On linux I use rapid photo downloader which was an amazing piece of software. But sadly there is nothing similar for macOS.


----------



## privatebydesign (Jun 1, 2021)

Tremotino said:


> Yes... I use darktable for import.. LOL
> but I don't use it anymore for editing.
> On linux I use rapid photo downloader which was an amazing piece of software. But sadly there is nothing similar for macOS.


But what functionality does that give you that Finder doesn’t when you use a card reader?


----------



## stevelee (Jun 1, 2021)

It varies some by model, mainly whether the computer has an SD card slot. My iMac does, so I just pop in the card, and it shows up in the Finder like any other drive. I can drag and drop the photo files to any folder I like. Or I can bring them in though Bridge or probably Photos. I would think any Mac with a card slot would work that way, and so should a card reader plugged into USB.

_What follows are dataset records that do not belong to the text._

//! Vectors of which only some bits are known, with the thing to blame for the others, and the operators on them.
//!
//! A [`Known`] allows the vectors that agree with its sure bits. [`Known::unary`], [`Known::binary`],
//! [`Known::choose`], [`Known::extend`], [`Known::select`], [`Known::place`], [`Known::append`], [`Known::label`] and
//! [`Known::truth`] are proved to allow the four-state answer of all allowed values, and to leave a bit unsure only
//! where two allowed values differ in it, except in a shift by an unsure amount. Where all is known they give the
//! four-state answer, and else the thing to blame is that of an operand that is not known whole. No call takes
//! memory.
#![tactic(auto)]

mod choose;
mod join;
mod known;
mod label;
mod mask;
mod maybe;
mod operate;
mod part;
mod truth;

pub use known::Known;
pub use maybe::{KnownTruth, Maybe};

If I ever upgrade my Mac, I guess I will have to spend a few hundred dollars at OWC for hubs, adaptors, cables, dongles, etc., to get into the modern world of Thunderbolt 5 and USB 8 or whatever the two ports it will have by then.


----------



## Tremotino (Jun 1, 2021)

privatebydesign said:


> But what functionality does that give you that Finder doesn’t when you use a card reader?


It automatically renames the photos as I defined and structures the photos in folders, its also extremely fast and let's me automatically add or remove exif data.. Finder can't do all this. 
I do have a SD card reader but I also have one CF memory card... But I don't want to bring with me ( and buy it) one more card reader for CF cards. I think it's kind of nonsense to spend money on a technology that is already extinct.


----------



## EOS 4 Life (Jun 2, 2021)

Canon also announced firmware updates to C70, C300, and C500.


----------



## justaCanonuser (Jun 2, 2021)

Basically this shows that Canon still supports a bit the 5D4, what I didn't expect anymore...


----------



## Juppeck (Jun 4, 2021)

Canon supports the EOS5Ds(r) too, yet. I got the usb30 port compatibility issues too and the update solve this similar like on my 5d4. I don't use an Mac and would plan this.


----------



## tron (Jun 9, 2021)

Juppeck said:


> Canon supports the EOS5Ds(r) too, yet. I got the usb30 port compatibility issues too and the update solve this similar like on my 5d4. I don't use an Mac and would plan this.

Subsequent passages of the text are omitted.